CSD can form the basis for anticipating critical transitions associated with complex diseases a priori, but considering it a panacea for forewarning all sudden shifts is misleading. Moreover, the CSD theory is well established for mathematical models representing complex stochastic systems, but their applicability to real empirical data remains limited. For various dynamical systems in bistable regions perturbed by external noise, the efficacy of generic EWSs can vary as shown in the literature (Qin and Tang 2018; Samal et al. 2021). In fact, for external noise, the efficacy of EWSs can reduce, and the effect become more profound with increasing noise amplitude and correlation timescale (Qin and Tang 2018). In instances where CSD-based indicators provide early warnings, the signals should be relied upon for further considering the system for an in-depth study of the molecular mechanisms that guide it en route to the alternate stable state. Studying the dynamics of such models and dominant eigenvalues can aid in CSD prediction. However, to mitigate a critical transition in cancer patients or other diseases, it is important to identify the bifurcation parameter (small gradients of the parameter which can produce large changes on crossing a threshold value) (Korolev et al. 2014). An in-depth study of the evolution in human cancer samples can aid in more precise modeling of tumor dynamics. However, despite the complexities, researchers have put significant effort into developing measurable signals of tipping points in disease biology. This has led to the development of network biomarkers, including single-gene biomarkers, or involving groups of genes, and further advancement has brought DNBs into the field. Although DNBs for systems decipher information at the molecular level, seeking a reliable indicator out of them requires high-throughput empirical data. Nevertheless, the success of DNBs is due to the fact that changes in the system dynamics near a critical threshold may be envisioned through changes in gene (protein) sequences. At the same time, generic CSD-based indicators only capture fragments of it. A key goal in the health-care sector is to increase adaptability and recovery on exposure to stressors. Achieving this requires identifying drivers and their interconnections while developing improved DNBs.

Building resilience is an ongoing process and shall continue at various levels of health care with the emergence of complex diseases (Martin 2018).
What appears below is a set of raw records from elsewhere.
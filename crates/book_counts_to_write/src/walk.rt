//! A walk over what changes shift: which counts differ after them.

ghost use Rattle.std.specs.Prelude.{◌≡◌, ◌≤◌, ◌++◌, IfOk, true, map, flat_map, option_map, Some};
ghost use Rattle.std.specs.Bool.{Decides};
ghost use Rattle.std.specs.Option.{option_copied};
ghost use Rattle.base_tables.specs.Rising.{rising};
ghost use Rattle.base_tables.specs.Tables.{AreInOrder};
ghost use Rattle.model_catalogue.specs.CatalogueLists.{quota_at};
ghost use Rattle.model_rows.specs.Change.{after_all};
ghost use Rattle.model_rows.specs.Usage.{usage_of};
ghost use Rattle.book_tally.specs.CountDeltas.{quota_delta_at};
ghost use Rattle.book_counts_to_write.specs.Due.{due_quotas};
ghost use Rattle.book_counts_to_write.specs.Told.{Adds, AreOrdered};
ghost use Rattle.book_counts_to_write.specs.Walked.{quotas_by, quota_with, quota_after, told_by_shift, told_at, voucher_told_by, gone_told_by, used_now, in_order_prop};

use crate::recounts::recount;
use crate::told::{add_unless, has_voucher, moved, moved_cents, same_as, usage_shifted};
use base_tables::{Ids, place_of};
use base_values::Moment;
use book_tally::{CountDeltas, QuotaDelta, VoucherDelta};
use book_usage::{Book, usage_of};
use model_catalogue::Quota;
use model_rows::{Change, QuotaCount, Usage, VoucherCount};
use std::alloc::{AllocError, Global};

/// A book, and changes of it at a later moment, with what these shift of its counts, the quotas that they put, and those that
/// what came due until then reaches.
#[derive(Drop)]
pub struct Walk<'w, B: Book> {
    pub book: &'w B,
    pub changes: &'w [Change],
    pub deltas: &'w CountDeltas,
    pub at: Moment,
    pub put: &'w Ids,
    pub due: &'w Ids,
    ghost past: { (B.state book.now).moment ≤ at },
    ghost order: { AreInOrder (λ s. s.quota) deltas.now.quotas.items } by { in_order_prop (λ s. s.quota) 0 deltas.now.quotas.items },
    ghost puts: { put.now ≡ rising (flat_map quotas_by changes.now) },
    ghost dues: { due.now
        ≡ rising (due_quotas (B.state book.now).moment at (B.state book.now).lists) },
}

// What uses a quota at a moment by the rows before changes, and what used it by the same rows at the book's moment, if it stood.
#[derive(Clone, Copy)]
struct Known {
    base: Usage,
    had: Option<Usage>,
}

impl<'w, B: Book> Walk<'w, B> {
    /// The quotas whose counts may differ: those of the shifts, those that changes put, and those that what came due reaches.
    pub fn asked(&self, alloc: Global) -> Result<Ids, AllocError>
        ensures { IfOk result (λ ids. ids
            ≡ rising (map (λ s. s.quota) self.now.deltas.now.quotas.items
            ++ self.now.put.now ++ self.now.due.now)) }
    {
        let mut ids = ids_of(alloc, &self.deltas.quotas)?;
        ids.extend_from_slice(self.put.as_slice())?;
        ids.extend_from_slice(self.due.as_slice())?;
        Ok(Ids::sorted(ids))
    }

    /// The counts of the quotas of these ids that differ.
    pub fn quotas(&self, alloc: Global, ids: &[u64]) -> Result<Vec<QuotaCount>, AllocError>
        ensures { IfOk result (λ rows. rows.items ≡ flat_map
            (told_at (B.state self.now.book.now) self.now.changes.now self.now.at
            self.now.deltas.now.quotas.items)
            ids.now) }
    {
        let mut rows = Vec::new(alloc);
        for id in ids {
            self.add_quota(*id, &mut rows)?;
        }
        Ok(rows)
    }

    // Adds the count of the quota of an id, if it stands and its count differs.
    fn add_quota(&self, id: u64, rows: &mut Vec<QuotaCount>) -> Result<(), AllocError>
        ensures { Adds result rows.old rows.new (told_at (B.state self.now.book.now)
            self.now.changes.now self.now.at self.now.deltas.now.quotas.items id) }
    {
        match self.quota(id) {
            None => Ok(()),
            Some(quota) => self.add_count(quota, rows),
        }
    }

    // Adds the count of a quota, if it differs.
    fn add_count(&self, quota: &Quota, rows: &mut Vec<QuotaCount>) -> Result<(), AllocError>
        ensures { Adds result rows.old rows.new (told_by_shift
            (B.state self.now.book.now) self.now.at self.now.deltas.now.quotas.items quota.now) }
    {
        ids_rise(self.book);
        let known = self.known(quota);
        let usage = usage_shifted(known.base, shift_of(&self.deltas.quotas, quota.id))?;
        let count = QuotaCount {
            quota: quota.id,
            usage,
        };
        Ok(add_unless(same_as(usage, known.had), count, rows)?)
    }

    // The quota of an id after the changes.
    fn quota(&self, id: u64) -> Option<&Quota>
        ensures { option_copied result
            ≡ quota_at id
            (after_all self.now.changes.now (B.state self.now.book.now).lists).catalogue }
    {
        let before = self.book.catalogue().quota(id);
        if self.put.has(id) {
            quota_after(self.changes, id, before)
        } else {
            before
        }
    }

    // What uses a quota by the rows before the changes.
    fn known(&self, quota: &Quota) -> Known
        ensures base { result.base
            ≡ usage_of (B.state self.now.book.now).lists self.now.at quota.now }
        ensures had { result.had ≡ option_map (used_now (B.state self.now.book.now))
            (quota_at quota.now.id (B.state self.now.book.now).lists.catalogue) }
    {
        match self.book.catalogue().quota(quota.id) {
            None => Known {
                base: recount(self.book, quota, self.at),
                had: None,
            },
            Some(old) => self.known_by(old, quota),
        }
    }

    // What is known of a quota that stood before. Unless its products change, or whether it releases places, the book knows its usage.
    fn known_by(&self, old: &Quota, quota: &Quota) -> Known
        requires { quota_at quota.now.id (B.state self.now.book.now).lists.catalogue
            ≡ Some old.now }
        ensures base { result.base
            ≡ usage_of (B.state self.now.book.now).lists self.now.at quota.now }
        ensures had { result.had ≡ Some (used_now (B.state self.now.book.now) old.now) }
    {
        if has_same_members(old, quota) {
            self.known_as(old)
        } else {
            Known {
                base: recount(self.book, quota, self.at),
                had: Some(usage_of(self.book, old, self.book.moment())),
            }
        }
    }

    // What is known of a quota as it stood. Where nothing that came due reaches it, it is used as before.
    fn known_as(&self, quota: &Quota) -> Known
        requires { quota_at quota.now.id (B.state self.now.book.now).lists.catalogue
            ≡ Some quota.now }
        ensures base { result.base
            ≡ usage_of (B.state self.now.book.now).lists self.now.at quota.now }
        ensures had { result.had ≡ Some (used_now (B.state self.now.book.now) quota.now) }
    {
        ids_rise(self.book);
        let base = usage_of(self.book, quota, self.at);
        if self.due.has(quota.id) {
            let had = usage_of(self.book, quota, self.book.moment());
            Known {
                base,
                had: Some(had),
            }
        } else {
            Known {
                base,
                had: Some(base),
            }
        }
    }

    /// The counts of the vouchers that are new or whose counts differ.
    pub fn vouchers(&self, alloc: Global) -> Result<Vec<VoucherCount>, AllocError>
        ensures { IfOk result (λ rows. rows.items ≡ flat_map
            (voucher_told_by (B.state self.now.book.now)) self.now.deltas.now.vouchers.items) }
    {
        let mut rows = Vec::new(alloc);
        for shift in self.deltas.vouchers.as_slice() {
            add_voucher(self.book, shift, &mut rows)?;
        }
        Ok(rows)
    }

    /// The ids of the vouchers that are gone.
    pub fn gone(&self, alloc: Global) -> Result<Vec<u64>, AllocError>
        ensures { IfOk result (λ ids. ids.items ≡ flat_map
            (gone_told_by (B.state self.now.book.now)) self.now.deltas.now.vouchers.items) }
    {
        let mut ids = Vec::new(alloc);
        for shift in self.deltas.vouchers.as_slice() {
            add_gone(self.book, shift, &mut ids)?;
        }
        Ok(ids)
    }
}

/// In a book's tables of quotas, vouchers and cart positions ids rise.
pub fn ids_rise<B: Book>(book: &B)
    ensures { AreOrdered (B.state book.now).lists }
{
    book.recall_invariant();
    book.catalogue().recall_invariant();
}

// The ids of the quotas of these shifts.
fn ids_of(alloc: Global, deltas: &[QuotaDelta]) -> Result<Vec<u64>, AllocError>
    ensures { IfOk result (λ ids. ids.items ≡ map (λ s. s.quota) deltas.now) }
{
    deltas.iter().map(|shift| shift.quota).collect(alloc)
}

/// The quotas that changes put.
pub fn put_quotas(alloc: Global, changes: &[Change]) -> Result<Ids, AllocError>
    ensures { IfOk result (λ ids. ids ≡ rising (flat_map quotas_by changes.now)) }
{
    let mut ids = Vec::new(alloc);
    for change in changes {
        add_put(change, &mut ids)?;
    }
    Ok(Ids::sorted(ids))
}

// Adds that of one change.
fn add_put(change: &Change, ids: &mut Vec<u64>) -> Result<(), AllocError>
    ensures { Adds result ids.old ids.new (quotas_by change.now) }
{
    match change {
        Change::PutQuota(row) => Ok(ids.push(row.id)?),
        _ => Ok(()),
    }
}

// The quota of an id after changes, by the one before them.
fn quota_after<'c>(changes: &'c [Change], id: u64, before: Option<&'c Quota>) -> Option<&'c Quota>
    ensures { option_copied result ≡ quota_after id (option_copied before.entry) changes.now }
{
    let mut found = before;
    for change in changes {
        found = quota_with(change, id, found);
    }
    found
}

// The quota of an id after a single change, by the one before it.
fn quota_with<'c>(change: &'c Change, id: u64, before: Option<&'c Quota>) -> Option<&'c Quota>
    ensures { option_copied result ≡ quota_with id change.now (option_copied before.entry) }
{
    match change {
        Change::PutQuota(row) if row.id == id => Some(row),
        _ => before,
    }
}

// What is shifted of a quota, if anything is.
fn shift_of(deltas: &[QuotaDelta], quota: u64) -> Option<&QuotaDelta>
    requires { AreInOrder (λ s. s.quota) deltas.now }
    ensures { option_copied result ≡ quota_delta_at quota deltas.now }
{
    match place_of(deltas, quota) {
        Ok(place) => Some(&deltas[place]),
        Err(_) => None,
    }
}

// Whether two quotas have the same products, and both release places or neither does.
fn has_same_members(a: &Quota, b: &Quota) -> bool
    ensures items { result ≡ true → a.now.items ≡ b.now.items }
    ensures variations { result ≡ true → a.now.variations ≡ b.now.variations }
    ensures release { result ≡ true → a.now.release_after_exit ≡ b.now.release_after_exit }
{
    same(a.items.as_slice(), b.items.as_slice())
        && same(a.variations.as_slice(), b.variations.as_slice())
        && a.release_after_exit == b.release_after_exit
}

// Whether these are the same ids.
fn same(a: &[u64], b: &[u64]) -> bool
    ensures { Decides result (a.now ≡ b.now) }
{
    a == b
}

// Adds the count of a voucher, if it stands and its count differs.
fn add_voucher<B: Book>(
    book: &B,
    shift: &VoucherDelta,
    rows: &mut Vec<VoucherCount>,
) -> Result<(), AllocError>
    ensures { Adds result rows.old rows.new (voucher_told_by (B.state book.now) shift.now) }
{
    if !shift.stands {
        return Ok(());
    }
    let spent = book.spent(shift.voucher);
    let count = VoucherCount {
        voucher: shift.voucher,
        redeemed: moved(book.redeemed(shift.voucher), shift.come, shift.gone)?,
        spent: moved_cents(spent, shift.spent_come, shift.spent_gone)?,
    };
    add_unless(has_voucher(book, count), count, rows)
}

// Adds the id of a voucher that stood, if it doesn't stand any more.
fn add_gone<B: Book>(book: &B, shift: &VoucherDelta, ids: &mut Vec<u64>) -> Result<(), AllocError>
    ensures { Adds result ids.old ids.new (gone_told_by (B.state book.now) shift.now) }
{
    if !shift.stands && book.voucher(shift.voucher).is_some() {
        Ok(ids.push(shift.voucher)?)
    } else {
        Ok(())
    }
}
As conservationists, we need to learn from the prevailing conditions to forewarn and hence be fortified (Scheffer et al. 2018). A potential advancement in the field to achieve resilience is the use of machine learning (ML). ML models can be trained using data from an array of critical behaviors in biological systems to predict the onset of critical transition. While ML methods have shown their mystique in discerning transitions (Dev et al. 2021), it remains to apply ML techniques to disease transitions. Lastly, developing robust and reliable indicators to anticipate instabilities in a ceaselessly changing world requires real-time monitoring of systems rather than predicting in retrospect. This upfront area of research leaves open questions related to sudden transitions in disease biology. A few major questions that need to be addressed are: Is it possible to devise indicators that optimize the timescale while providing reliable early warnings before a disease state? Can we develop an absolute measure of resilience in biological systems amidst noisy sequences of intertwined events?